**DESCRIPTION OF THE TASK**. Exactly the lines from the first line of the listing through the line containing "use base_values::OutOfMemory;" should appear in the output, unchanged.

**********

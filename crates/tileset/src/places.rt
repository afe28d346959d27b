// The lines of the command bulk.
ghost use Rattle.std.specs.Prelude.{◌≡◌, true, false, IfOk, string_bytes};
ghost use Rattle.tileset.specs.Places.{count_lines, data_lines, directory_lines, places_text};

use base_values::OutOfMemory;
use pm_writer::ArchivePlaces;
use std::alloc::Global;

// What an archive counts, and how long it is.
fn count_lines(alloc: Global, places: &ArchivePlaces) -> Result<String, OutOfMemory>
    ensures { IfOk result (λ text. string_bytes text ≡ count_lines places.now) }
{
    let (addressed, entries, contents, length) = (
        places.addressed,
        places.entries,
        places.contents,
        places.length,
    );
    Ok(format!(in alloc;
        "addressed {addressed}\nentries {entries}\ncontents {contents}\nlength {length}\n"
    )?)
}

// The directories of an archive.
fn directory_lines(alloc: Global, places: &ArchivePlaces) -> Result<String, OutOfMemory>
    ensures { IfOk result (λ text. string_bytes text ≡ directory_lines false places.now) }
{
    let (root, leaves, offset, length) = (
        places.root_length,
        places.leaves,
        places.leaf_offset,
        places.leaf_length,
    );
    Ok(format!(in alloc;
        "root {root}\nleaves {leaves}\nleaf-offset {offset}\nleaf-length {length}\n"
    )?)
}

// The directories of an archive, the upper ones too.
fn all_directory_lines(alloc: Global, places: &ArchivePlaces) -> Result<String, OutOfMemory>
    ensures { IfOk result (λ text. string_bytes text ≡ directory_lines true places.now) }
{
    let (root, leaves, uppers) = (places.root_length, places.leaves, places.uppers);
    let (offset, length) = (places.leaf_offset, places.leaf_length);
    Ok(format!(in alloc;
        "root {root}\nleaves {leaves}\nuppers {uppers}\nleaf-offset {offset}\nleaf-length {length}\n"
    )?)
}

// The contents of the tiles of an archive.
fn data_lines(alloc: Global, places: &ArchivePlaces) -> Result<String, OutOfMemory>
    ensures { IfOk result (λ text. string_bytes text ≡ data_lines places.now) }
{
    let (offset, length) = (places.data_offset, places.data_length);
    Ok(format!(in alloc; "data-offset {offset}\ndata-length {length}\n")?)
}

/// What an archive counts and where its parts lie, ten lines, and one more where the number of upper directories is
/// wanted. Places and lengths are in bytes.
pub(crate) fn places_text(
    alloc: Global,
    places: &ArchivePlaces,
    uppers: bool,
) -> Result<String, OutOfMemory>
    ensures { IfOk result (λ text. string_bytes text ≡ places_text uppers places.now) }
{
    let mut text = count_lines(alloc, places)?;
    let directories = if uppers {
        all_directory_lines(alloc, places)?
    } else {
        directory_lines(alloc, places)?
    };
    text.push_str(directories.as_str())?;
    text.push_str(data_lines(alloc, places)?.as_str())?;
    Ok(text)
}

**********

**TASK ANSWER**.
filename crates/tileset/src/places.rt
repository afe28d346959d27b
// The lines of the command bulk.
ghost use Rattle.std.specs.Prelude.{◌≡◌, true, false, IfOk, string_bytes};
ghost use Rattle.tileset.specs.Places.{count_lines, data_lines, directory_lines, places_text};

use base_values::OutOfMemory;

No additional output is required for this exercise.